The article also extols the virtues of password managers, which I agree with; password managers are great and much better than the alternatives. Alas, if your password manager gets successfully hacked... well, that's bad since now all your accounts and passwords are vulnerable, conveniently organized in one place. If I were interesting in hacking, I would be targeting password managers and financial accounts, credit reporting agencies :), etc. Hacking individual cloud backups seems like a poor use of hacker time; sifting through, in my case, about 5 TB of data the vast majority of which is not valuable, to try and get ONE person's data. Versus going after financial institutions, etc, where the percent of interesting information is much higher.

The threat to my data is much less from my cloud backups than from many many other things. Take for example the Equifax breach in 2017. Nothing you as a consumer could have done to prevent that hack.

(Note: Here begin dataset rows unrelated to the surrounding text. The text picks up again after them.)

// The current device of the language of cases, and the raw calls on it.
//
// Test support: its functions promise only that they are safe and end.

#![tactic(auto)]

pub mod devices;
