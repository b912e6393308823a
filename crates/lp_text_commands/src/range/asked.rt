// What is said of a text of which a number is ranged, and which number that is.
ghost use Rattle.std.specs.Prelude.{◌≡◌, OnOk, IfOk, IsErrOf, Ok};
ghost use Rattle.lp_base.specs.Causes.{Rose};
ghost use Rattle.spec_model.specs.Kept.{IsUsual};
ghost use Rattle.spec_commands.specs.RangeOut.{PlaceOut, RangeOut, place_code, range_code, place_by};
ghost use Rattle.spec_server.specs.TextSaid.{text_said};
ghost use Rattle.spec_server.specs.Streams.{streams};
ghost use Rattle.lp_text_commands.specs.Prints.{Prints};
ghost use Rattle.lp_text_commands.specs.Hearing.{SaysSo};

use crate::command::perform;
use crate::exit_status::ExitStatus;
use crate::hearing::{Output, hear_input, send_output};
use crate::range::RangeAt;
use crate::range::named::{place_of, print_unknown};
use lp_base::{Bytes, Sink, Source};
use lp_line::{Halt, Refusal, Reply, TextSaid};
use lp_model::Model;
use lp_mps::read::Reader;
use spec_mps::Style;
use spec_program::Moved;
use std::alloc::{AllocError, Global};

/// What a text says, and which number of the model is ranged: that of the column or row with this name.
#[derive(Drop)]
pub(crate) struct RangeAsked<'a> {
    pub said: TextSaid,
    pub moved: Moved,
    pub name: &'a [u8],
}

impl<'a> Output for RangeAsked<'a> {
    ghost can_print = { λ _. Unit {0} };

    ghost may_write = { λ asked. RangeOut asked.moved asked.name.now asked.said };

    ghost code = { λ asked. range_code asked.moved asked.name.now asked.said };

    // Appends the answer, and after an optimum the range of the number, and gives status 0. Where the text has a fault
    // or nothing has the name, it appends that and gives status 9.
    fn print(self, alloc: Global, to: &mut Bytes) -> Result<ExitStatus, AllocError> {
        let RangeAsked { said, moved, name } = self;
        match said {
            Ok(model) => {
                let printed = print_model(alloc, model.model(), moved, name, to);
                drop(model);
                printed
            }
            Err(fault) => Reply::Refused(Refusal::Misspelled(fault)).print(alloc, to),
        }
    }
}

// Solves the model, and appends the answer, and after an optimum the range of the named number, with status 0. Where
// nothing has the name, it appends the line that says so, with status 9.
fn print_model(
    alloc: Global,
    model: &Model,
    moved: Moved,
    name: &[u8],
    to: &mut Bytes,
) -> Result<ExitStatus, AllocError>
    requires { IsUsual model.now }
    ensures output { OnOk result
        (Prints (PlaceOut moved name.now model.now (place_by moved model.now name.now)) to.old to.new) }
    ensures status { IfOk result (λ status. status.code ≡ place_code (place_by moved model.now name.now)) }
{
    match place_of(model, moved, name) {
        Some(at) => {
            let command = RangeAt { moved, at };
            perform(alloc, &command, model, to)
        }
        None => {
            print_unknown(alloc, name, to)?;
            Ok(ExitStatus::REFUSED)
        }
    }
}

/// Reads the text that the source gives, and writes what a solve of its model ends with, and after an optimum the range
/// of the number of the column or row with this name; or that the text has a fault, or nothing this name.
pub(crate) fn say_range<S: Source, K: Sink>(
    alloc: Global,
    style: Style,
    moved: Moved,
    name: &[u8],
    src: &mut S,
    out: &mut K,
) -> Result<ExitStatus, Halt>
    ensures output { SaysSo (text_said style) (RangeOut moved name.now) (range_code moved name.now)
        (streams (S.left src.old) (S.left src.new) (K.taken out.old) (K.taken out.new)) result }
    ensures read { IsErrOf result Halt.Read → Rose (S.read_faults src.old) (S.read_faults src.new) }
    ensures write { IsErrOf result Halt.Write → Rose (K.write_faults out.old) (K.write_faults out.new) }
{
    let said = hear_input(alloc, Reader::new(alloc, style), src)?;
    send_output(alloc, RangeAsked { said, moved, name }, out)
}
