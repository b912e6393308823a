// A range, as it is written.
ghost use Rattle.std.specs.Prelude.{◌≡◌, ◌++◌, OnOk};
ghost use Rattle.spec_exact.specs.Run.{refused_as};
ghost use Rattle.spec_simplex.specs.declared.ends.StartStop.TheVariants as stops;
ghost use Rattle.spec_commands.specs.RangeOut as ranges;

use crate::solve::print_past;
use lp_base::Bytes;
use lp_frac::{Frac, Past};
use lp_numtext::write;
use lp_range::Range;
use std::alloc::{AllocError, Global};

/// Appends the line of a range, or of the operation past 127 bits for which there is none.
pub(crate) fn print_range(
    alloc: Global,
    range: Result<Range, Past>,
    to: &mut Bytes,
) -> Result<(), AllocError>
    ensures { OnOk result (to.new ≡ to.old ++ ranges.ranged_text (refused_as stops.Past range)) }
{
    match range {
        Ok(range) => print_line(alloc, range, to),
        Err(past) => print_past(alloc, past, to),
    }
}

// Appends the line of a range: its lower end, its upper end, and the slope between them.
#[tactic(auto, unfolding(spec_commands::specs::RangeOut::range_line))]
fn print_line(alloc: Global, range: Range, to: &mut Bytes) -> Result<(), AllocError>
    ensures { OnOk result (to.new ≡ to.old ++ ranges.range_line range) }
{
    let Range { ends, slope } = range;
    print_end(alloc, b"RANGE ", ends.low, to)?;
    print_end(alloc, b" ", ends.high, to)?;
    to.extend(b" SLOPE ")?;
    write(alloc, slope, to)?;
    to.extend(b"\n")
}

// Appends the words before an end of a range, and the end, or `NONE` where the range has no end on that side.
fn print_end(
    alloc: Global,
    words: &[u8],
    end: Option<Frac>,
    to: &mut Bytes,
) -> Result<(), AllocError>
    ensures { OnOk result (to.new ≡ to.old ++ (words.now ++ ranges.end_text end)) }
{
    to.extend(words)?;
    match end {
        Some(end) => write(alloc, end, to),
        None => to.extend(b"NONE"),
    }
}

I agree. I use a Password manager plus 2-factor authentication. And a VPN. Still nervous.
 
The whole password thing is something that drives me crazy. I have too many things that require passwords and my brain strains at trying to keep up with it all.

I don’t keep password lists for security reasons. I have tried programs that remember the passwords for you but I am also concerned about their security.
password apps are the answer, but you need an app that encrypts the contents well, and you can control where the resulting file(s) reside and can do things like avoid the cloud
 
The whole password thing is something that drives me crazy. I have too many things that require passwords and my brain strains at trying to keep up with it all.

I don’t keep password lists for security reasons. I have tried programs that remember the passwords for you but I am also concerned about their security. Currently I use a system for creating passwords with a base algorithm that I am obviously not going to share here. Is that a mistake, will an unscrupulous hacker figure that out and suddenly I lost control of everything?

I see the tech world as besieged by spam and fraudsteers. I have been personally hacked a few times but so far have personally avoided losses. I am on constant alert.

All of us waste a huge amount of time, energy and expense on security measures. The justice system seems unable to manage the problem.

I saw the movie Beekeper recently and I found myself cheering the Hollywood solution. We need a Jason Statham to hunt down and wipe out the criminals who terrorize our lives. Of course that is only a fantasy.

Someone needs to come up with an effective technology based solution.

Maybe AI is the answer. We have our own personal AI protecting us. What then stop the AI which is obviously smarter than us from simply taking over and wiping us out.
:eek::eek::eek::eek::eek:
I think most security experts recommend using a good password manager. In addition to keeping, obviously, passwords, you can put things like answers to security questions in the notes for a login. Incidentally, the answers to security questions should probably not be ... real answers. If the question is "what is your mother's maiden name?" answer something like Jennifer Lopez (and since the answers are fake, that's why you need to store them somewhere securely so you can actually answer the questions).

But I fear we are getting off into a tangent, and I'm not helping. I will merely repeat that of the threats to my personal data, my encrypted cloud backups are waay waay down the list of my concerns.